Gateways to Japan

―Patterns of Socio-Economic Integration and Exclusion of New Immigrants―

February 13, 2014 6:30 PM (finished)


David Chiavacci

(Mercator Professor in Social Science of Japan at the University of Zurich, Switzerland)

Date/Time February 13, 2014 6:30 PM
Location Room 549 5th floor, Akamon Sogo Kenkyuto Institute of Social Science, University of Tokyo  [map]
Abstract The share of foreign residents in current Japan is with less than two percent still low in international comparison. Still, since the late 1980s, Japan has had a significant and continuous inflow of new immigrants. Today, Japan is an immigration country with an increasing ethnic diversity. And in view of its long-term demographic development, the introduction of an active immigration policy is a recurrent topic in policy circles and public discussions since the late 1990s. This talk analyses the patterns and experiences of socio-economic integration and exclusion of these new immigrants in Japanese society. It focuses on a comparative analysis of Chinese immigrants and *nikkeijin *(return migrants of Japanese origin from South America) as the two largest groups among the new immigrants.
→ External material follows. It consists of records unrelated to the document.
// Pads as they are placed, turned by quarter turns and by 45 degrees.
static PADS: [Pad; 19] = [
    (
        ROUNDED,
        "",
        "%ADD10RoundRect,0.250000X-0.262500X-0.450000X0.262500X-0.450000X0.262500X0.450000X-0.262500X0.450000X0.000000*%\nD10*\nX100000000Y-50000000D03*\nM02*\n",
        "[997375000 -504500000][1002625000 -504500000][1002625000 -495500000][997375000 -495500000] on 1 by 16.0\n997375000 -504500000, 997375000 -504500000, 2500000 on 1 by 16.0\n1002625000 -504500000, 1002625000 -504500000, 2500000 on 1 by 16.0\n1002625000 -495500000, 1002625000 -495500000, 2500000 on 1 by 16.0\n997375000 -495500000, 997375000 -495500000, 2500000 on 1 by 16.0\n[997375000 -507000000][1002625000 -507000000][1002625000 -502000000][997375000 -502000000] on 1 by 16.0\n[1000125000 -504500000][1005125000 -504500000][1005125000 -495500000][1000125000 -495500000] on 1 by 16.0\n[997375000 -498000000][1002625000 -498000000][1002625000 -493000000][997375000 -493000000] on 1 by 16.0\n[994875000 -504500000][999875000 -504500000][999875000 -495500000][994875000 -495500000] on 1 by 16.0",
    ),
    (
        ROUNDED,
        "",
        "%ADD11RoundRect,0.25X0.45X-0.2625X0.45X0.2625X-0.45X0.2625X-0.45X-0.2625*%\nD11*\nX1000000Y2000000D03*\nM02*\n",
        "[14500000 17375000][14500000 22625000][5500000 22625000][5500000 17375000] on 1 by 16.0\n14500000 17375000, 14500000 17375000, 2500000 on 1 by 16.0\n14500000 22625000, 14500000 22625000, 2500000 on 1 by 16.0\n5500000 22625000, 5500000 22625000, 2500000 on 1 by 16.0\n5500000 17375000, 5500000 17375000, 2500000 on 1 by 16.0\n[12000000 17375000][17000000 17375000][17000000 22625000][12000000 22625000] on 1 by 16.0\n[5500000 20125000][14500000 20125000][14500000 25125000][5500000 25125000] on 1 by 16.0\n[3000000 17375000][8000000 17375000][8000000 22625000][3000000 22625000] on 1 by 16.0\n[5500000 14875000][14500000 14875000][14500000 19875000][5500000 19875000] on 1 by 16.0",
    ),
    (
        ROUNDED,
        "",
        "%ADD12RoundRect,0.1X0.282843X0X0X0.282843X-0.282843X0X0X-0.282843*%\nD12*\nX0Y0D03*\nM02*\n",
        "36 Slanted at command 14, byte 325",
    ),
    (
        OVAL,
        "",
        "%ADD10HorizOval,0.6X-0.3X0X0.3X0*%\n%ADD11HorizOval,0.6X0X0.3X0X-0.3X0*%\nD10*\nX0Y0D03*\nD11*\nX0Y5000000D03*\nM02*\n",
        "[-3000000 -3000000][3000000 -3000000][3000000 3000000][-3000000 3000000] on 1 by 11.0\n-3000000 0, -3000000 0, 3000000 on 1 by 11.0\n3000000 0, 3000000 0, 3000000 on 1 by 11.0\n[-3000000 47000000][3000000 47000000][3000000 53000000][-3000000 53000000] on 1 by 13.0\n0 53000000, 0 53000000, 3000000 on 1 by 13.0\n0 47000000, 0 47000000, 3000000 on 1 by 13.0",
    ),
    (
        OVAL,
        "",
        "%ADD12HorizOval,0.6X-0.212132X-0.212132X0.212132X0.212132*%\nD12*\nX0Y0D03*\nM02*\n",
        "36 Slanted at command 8, byte 141",
    ),
    (
        CHAMFERED,
        ",0",
        "%ADD10Outline8P,0.4X0.5X-0.4X0.5X-0.5X0.4X-0.5X-0.4X-0.4X-0.5X0.4X-0.5X0.5X-0.4X0.5X0.4*%\nD10*\nX1000000Y0D03*\nM02*\n",
        "[14000000 5000000][6000000 5000000][5000000 4000000][5000000 -4000000][6000000 -5000000][14000000 -5000000][15000000 -4000000][15000000 4000000] on 1 by 8.0",
    ),
    (
        CHAMFERED,
        ",90.0",
        "%ADD10Outline8P,0.3X0.5X-0.4X0.5X-0.5X0.4X-0.5X-0.4X-0.4X-0.5X0.4X-0.5X0.5X-0.4X0.5X0.4X0.0*%\nD10*\nX1000000Y0D03*\nM02*\n",
        "[5000000 3000000][5000000 -4000000][6000000 -5000000][14000000 -5000000][15000000 -4000000][15000000 4000000][14000000 5000000][6000000 5000000] on 1 by 8.0",
    ),
    (CHAMFERED, ",45", "M02*\n", "35 Turn at command 5, byte 64"),
    (
        CHAMFERED,
        ",$17",
        "M02*\n",
        "31 BadMacro at command 5, byte 64",
    ),
    (
        TRAPEZOID,
        ",0",
        "%ADD10Trapezoid,0.5X0.4X0.1*%\nD10*\nX0Y0D03*\nM02*\n",
        "[-6000000 -4000000][6000000 -4000000][4000000 4000000][-4000000 4000000] on 1 by 8.0",
    ),
    (
        TRAPEZOID,
        ",270",
        "%ADD10Trapezoid,0.5X0.4X-0.1*%\nD10*\nX0Y0D03*\nM02*\n",
        "[-4000000 4000000][-4000000 -4000000][4000000 -6000000][4000000 6000000] on 1 by 8.0",
    ),
    (TRAPEZOID, ",45", "M02*\n", "35 Turn at command 5, byte 97"),
    (
        RECTANGLE,
        ",90",
        "%ADD10RotRect,1.5X0.6*%\nD10*\nX0Y0D03*\nM02*\n",
        "[3000000 -7500000][3000000 7500000][-3000000 7500000][-3000000 -7500000] on 1 by 8.0",
    ),
    (
        RECTANGLE,
        ",180",
        "%ADD10RotRect,1.5X0.6*%\nD10*\nX0Y0D03*\nM02*\n",
        "[7500000 3000000][-7500000 3000000][-7500000 -3000000][7500000 -3000000] on 1 by 8.0",
    ),
    (
        RECTANGLE,
        ",45.0",
        "M02*\n",
        "35 Turn at command 5, byte 68",
    ),
    (
        RECTANGLE,
        ",$3",
        "M02*\n",
        "31 BadMacro at command 5, byte 68",
    ),
    (
        POLYGON,
        ",0",
        "%ADD10FreePoly0*%\nD10*\nX0Y0D03*\nM02*\n",
        "[5000000 -2500000][2500000 -5000000][-5000000 -5000000][-5000000 5000000][2500000 5000000][5000000 2500000] on 1 by 7.0",
    ),
    (
        POLYGON,
        ",270",
        "%ADD10FreePoly0,270*%\nD10*\nX0Y0D03*\nM02*\n",
        "[-2500000 -5000000][-5000000 -2500000][-5000000 5000000][5000000 5000000][5000000 -2500000][2500000 -5000000] on 1 by 7.0",
    ),
    (
        POLYGON,
        ",$1",
        "M02*\n",
        "31 BadMacro at command 4, byte 36",
    ),
];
By applying established theoretical models of inclusion and exclusion in a national context as well as recent approaches on transnational links as another mean of socio-economic integration, it finds large differences in the case of the two ethnic minorities. On the one hand, the Chinese minority is marked by an internal diversity including successful ethnic entrepreneurs as well as marginalized trainees. While for the successful Chinese entrepreneurs a transnational path of socio-economic integration is accessible, Chinese trainees are embedded into Japan's foreign trainee system as a kind of total (transnational) institution. On the other hand, the *nikkeijin *are segregated into indirect short-term employment and not fully incorporated into social security systems. Although they achieve a decent income, they face a high risk of poverty in old age. Moreover, in view of the low school achievements of their children, the *nikkeijin* are on the path to become a precarious underclass. The talk will conclude with a discussion of the factors leading to these diverse patterns among new immigrants and comparing their experiences with Korean immigrants of the colonial era and their descendants in Japan.
Bio David Chiavacci is Mercator Professor in Social Science of Japan at the University of Zurich, Switzerland. His research covers economic sociology, political sociology and sociology of knowledge of contemporary Japan. His newer publications on immigration and integration in Japan include ?Japan in the ?Global War for Talent?: Changing Concepts of Valuable Foreign Workers and Their Consequences?, in* Asien: The German Journal of Contemporary Asia*, 123 (2012): 27-47 and ?Immigration and ?Gap Society? in Japan: Are Foreign Workers a New Underclass??, in: Gy?rgy Sz?ll and Ute Sz?ll (eds.), *Quality of Life & Working Life in Comparison*, Frankfurt: Peter Lang, pp. 347-368.